ShadowPEFT: Shadow Network for Parameter-Efficient Fine-Tuning

arXiv cs.CL / 4/22/2026

📰 NewsDeveloper Stack & InfrastructureIdeas & Deep AnalysisModels & Research

Key Points

  • ShadowPEFT proposes a new parameter-efficient fine-tuning method for LLMs that freezes the pretrained backbone while refining representations via a centralized, depth-shared “shadow” module rather than distributed low-rank weight perturbations like LoRA.
  • It maintains a parallel shadow state at each transformer layer and evolves this state repeatedly to build progressively richer hidden representations, shifting adaptation from weight space to layer-space refinement.
  • Because the shadow module is decoupled from the backbone, it can be reused across depth, pretrained independently, and optionally deployed in a detached mode suited for edge computing.
  • Experiments on generation and understanding benchmarks indicate ShadowPEFT matches or outperforms LoRA and DoRA under comparable trainable-parameter budgets, with further evidence from analyses on pretraining, transfer, scaling, latency, and system performance.

Abstract

Parameter-efficient fine-tuning (PEFT) reduces the training cost of full-parameter fine-tuning for large language models (LLMs) by training only a small set of task-specific parameters while freezing the pretrained backbone. However, existing approaches, such as Low-Rank Adaptation (LoRA), achieve adaptation by inserting independent low-rank perturbations directly to individual weights, resulting in a local parameterization of adaptation. We propose ShadowPEFT, a centralized PEFT framework that instead performs layer-level refinement through a depth-shared shadow module.
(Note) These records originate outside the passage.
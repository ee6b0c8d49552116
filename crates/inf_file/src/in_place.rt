//! Whether a hardware id has a model and an install section, told without memory: names are compared
//! where they stand, in time for each section, name and string.

ghost use Rattle.std.specs.Prelude.{◌≡◌, ◌++◌, None, true, Err, map, is_some, if◌then◌else◌, ◌&&◌, ◌||◌, ◌≢◌};
ghost use Rattle.std.specs.List.{fold, find, position};
ghost use Rattle.std.specs.Option.{option_copied};
ghost use Rattle.inf_text.specs.Names.{is_same};
ghost use Rattle.inf_text.specs.Sections.{place_named, has_key};
ghost use Rattle.inf_file.specs.Strings.{is_empty, meaning, replaced, strings_of};
ghost use Rattle.inf_file.specs.Earliest.{earlier_if};
ghost use Rattle.inf_file.specs.Models.{usual_names, first_place, is_nt_x86, models_place, has_id};
ghost use Rattle.inf_file.specs.Parameters.{strings_in, model_in, install_of, answer};
ghost use Rattle.inf_file.specs.declared.param.ParamRefusal.TheVariants.{OutOfMemory};
ghost use Rattle.inf_file.specs.ByName.{lines_at_some};
ghost use Rattle.inf_file.specs.InPlace.{behind};

use crate::lines::earlier_if;
use crate::models::{DOT, behind_first, is_nt_x86};
use crate::param::ParamRefusal;
use crate::strings::{PERCENT, next_key};
use inf_text::{Inf, Line, is_same};

/// `.NTx86`.
const DOT_NT_X86: [u16; 6] = [46, 78, 84, 120, 56, 54];

/// `.NT`.
const DOT_NT: [u16; 3] = [46, 78, 84];

/// What stands in a text behind a front, without ASCII case.
#[tactic(auto, unfolding(crate::specs::InPlace::behind))]
fn behind<'a>(front: &[u16], text: Option<&'a [u16]>) -> Option<&'a [u16]>
    ensures { option_copied result ≡ behind front.now (option_copied text.entry) }
{
    let text = text?;
    let end = front.len().min(text.len());
    if is_same(front, &text[..end]) {
        Some(&text[end..])
    } else {
        None
    }
}

/// The first line with a key.
#[tactic(auto, unfolding(inf_text::specs::Sections::has_key))]
fn line_of<'a>(lines: &'a [Line], key: &[u16]) -> Option<&'a Line>
    ensures { option_copied result ≡ find (has_key key.now) lines.now }
{
    lines.iter().find(|line| match line.key() {
        Some(own) => is_same(key, own),
        None => false,
    })
}

/// What stands in a text behind what a key means.
#[tactic(auto, using(crate::proofs::InPlaceLaws::meaning_empty, crate::proofs::InPlaceLaws::meaning_is, crate::proofs::InPlaceLaws::meaning_none))]
fn behind_meaning<'a>(strings: &[Line], key: &[u16], text: Option<&'a [u16]>) -> Option<&'a [u16]>
    ensures { option_copied result ≡ behind (meaning (strings_of strings.now) key.now) (option_copied text.entry) }
{
    if key.is_empty() {
        return behind(&[PERCENT], text);
    }
    match line_of(strings, key) {
        Some(line) => behind(line.value_at(0), text),
        None => behind(&[PERCENT], behind(key, behind(&[PERCENT], text))),
    }
}

/// What stands in a text behind a value with its keys replaced.
#[tactic(auto, using(crate::proofs::InPlaceLaws::value_more, crate::proofs::InPlaceLaws::value_last))]
fn behind_value<'a>(inf: &Inf, value: &[u16], text: Option<&'a [u16]>) -> Option<&'a [u16]>
    ensures { option_copied result ≡ behind (replaced (strings_in inf.now) value.now) (option_copied text.entry) }
{
    let strings = inf.lines_named(b"Strings");
    let mut rest = value;
    let mut left = text;
    while let Some((plain, key, more)) = next_key(rest) {
        left = behind_meaning(strings, key, behind(plain, left));
        rest = more;
    }
    behind(rest, left)
}

/// Whether a text is a value with its keys replaced.
#[tactic(auto, using(crate::proofs::InPlaceLaws::value_some, crate::proofs::InPlaceLaws::value_none))]
fn is_value(inf: &Inf, value: &[u16], text: &[u16]) -> bool
    ensures { result ≡ is_same text.now (replaced (strings_in inf.now) value.now) }
{
    match behind_value(inf, value, Some(text)) {
        Some(left) => left.is_empty(),
        None => false,
    }
}

/// Whether an end stands behind no dot or is meant for i386.
fn is_fit(dot: &[u16], end: &[u16]) -> bool
    ensures { result ≡ (is_empty dot.now || is_nt_x86 end.now) }
{
    dot.is_empty() || is_nt_x86(end)
}

/// Whether a name is a value and an end, behind a dot an end that is meant for i386.
#[tactic(auto, using(crate::proofs::InPlaceLaws::named_some, crate::proofs::InPlaceLaws::named_none))]
fn is_named(inf: &Inf, value: &[u16], dot: &[u16], end: &[u16], name: &[u16]) -> bool
    ensures { result ≡ ((is_empty dot.now || is_nt_x86 (replaced (strings_in inf.now) end.now)) && is_same (replaced (strings_in inf.now) value.now ++ (dot.now ++ replaced (strings_in inf.now) end.now)) name.now) }
{
    match behind(dot, behind_value(inf, value, Some(name))) {
        Some(own) => is_fit(dot, own) & is_value(inf, end, own),
        None => false,
    }
}

/// Which of the names of the sections is the first such name.
fn first_named(inf: &Inf, value: &[u16], dot: &[u16], end: &[u16]) -> Option<usize>
    ensures { result ≡ position (λ own. (is_empty dot.now || is_nt_x86 (replaced (strings_in inf.now) end.now)) && is_same (replaced (strings_in inf.now) value.now ++ (dot.now ++ replaced (strings_in inf.now) end.now)) own) (map (λ s. s.name) inf.now) }
{
    inf.names()
        .position(|name| is_named(inf, value, dot, end, name.as_slice()))
}

/// The place of the first section of such a name.
fn place(inf: &Inf, value: &[u16], dot: &[u16], end: &[u16]) -> Option<usize>
    ensures { result ≡ (if is_empty dot.now || is_nt_x86 (replaced (strings_in inf.now) end.now) then place_named (replaced (strings_in inf.now) value.now ++ (dot.now ++ replaced (strings_in inf.now) end.now)) inf.now else None) }
{
    first_named(inf, value, dot, end)
}

/// The place of the closest section for i386 that exists of a name.
#[tactic(auto, using(crate::proofs::InPlaceLaws::usual))]
fn usual_place(inf: &Inf, value: &[u16]) -> Option<usize>
    ensures { result ≡ first_place (usual_names (replaced (strings_in inf.now) value.now)) inf.now }
{
    place(inf, value, &[], &DOT_NT_X86)
        .or(place(inf, value, &[], &DOT_NT))
        .or(place(inf, value, &[], &[]))
}

/// The place of the models section that a manufacturer's line leads to.
#[tactic(auto, unfolding(crate::specs::Models::models_place, crate::specs::Models::decorated_place, crate::specs::Models::decoration_place, crate::specs::Models::dotted))]
fn models_place(inf: &Inf, maker: &Line) -> Option<usize>
    ensures { result ≡ models_place (strings_in inf.now) inf.now maker.now }
{
    let value = maker.value_at(0);
    let mut decorations = behind_first(maker.values());
    while let [decoration, rest @ ..] = decorations {
        if let Some(place) = place(inf, value, &[DOT], decoration.as_slice()) {
            return Some(place);
        }
        decorations = rest;
    }
    usual_place(inf, value)
}

/// Whether a model line has the hardware id behind its install section.
#[tactic(auto, unfolding(crate::specs::Models::has_id))]
fn has_id(inf: &Inf, id: &[u16], model: &Line) -> bool
    ensures { result ≡ has_id (strings_in inf.now) id.now model.now }
{
    behind_first(model.values())
        .iter()
        .any(|value| is_value(inf, value.as_slice(), id))
}

/// Of a line and those of a models section the first of the file with the hardware id.
fn first_with_id<'a>(
    inf: &Inf,
    id: &[u16],
    mut best: Option<&'a Line>,
    lines: &'a [Line],
) -> Option<&'a Line>
    ensures { option_copied result ≡ fold (earlier_if (has_id (strings_in inf.now) id.now)) (option_copied best.entry) lines.now }
{
    for line in lines {
        best = earlier_if(has_id(inf, id, line), best, line);
    }
    best
}

/// The lines of the models section that a manufacturer's line leads to.
fn models_of<'a>(inf: &'a Inf, maker: &Line) -> &'a [Line]
    ensures { result.now ≡ lines_at_some inf.now (models_place (strings_in inf.now) inf.now maker.now) }
{
    match models_place(inf, maker) {
        Some(place) => inf.lines_at(place),
        None => &[],
    }
}

/// The first line of the file among the model lines with the hardware id.
#[tactic(auto, using(crate::proofs::InPlaceLaws::models_more), unfolding(crate::specs::Earliest::earliest))]
fn model_of<'a>(inf: &'a Inf, id: &[u16]) -> Option<&'a Line>
    ensures { option_copied result ≡ model_in inf.now id.now }
{
    let mut best = None;
    for maker in inf.lines_named(b"Manufacturer") {
        best = first_with_id(inf, id, best, models_of(inf, maker));
    }
    best
}

/// Why no parameters are given where memory is wanting.
#[tactic(auto, unfolding(crate::specs::Models::install_place))]
pub fn refusal_in_place(inf: &Inf, id: &[u16]) -> ParamRefusal
    ensures value { result ≢ OutOfMemory → answer inf.now (model_in inf.now id.now) (install_of inf.now id.now) ≡ Err result }
    ensures memory { result ≡ OutOfMemory → is_some (install_of inf.now id.now) ≡ true }
{
    match model_of(inf, id) {
        Some(model) => match usual_place(inf, model.value_at(0)) {
            Some(_) => ParamRefusal::OutOfMemory,
            None => ParamRefusal::NoInstall,
        },
        None => ParamRefusal::NoModel,
    }
}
At each transformer layer, ShadowPEFT maintains a parallel shadow state and evolves it repeatedly for progressively richer hidden states. This design shifts adaptation from distributed weight-space perturbations to a shared layer-space refinement process. Since the shadow module is decoupled from the backbone, it can be reused across depth, independently pretrained, and optionally deployed in a detached mode, benefiting edge computing scenarios. Experiments on generation and understanding benchmarks show that ShadowPEFT matches or outperforms LoRA and DoRA under comparable trainable-parameter budgets. Additional analyses on shadow pretraining, cross-dataset transfer, parameter scaling, inference latency, and system-level evaluation suggest that centralized layer-space adaptation is a competitive and flexible alternative to conventional low-rank PEFT.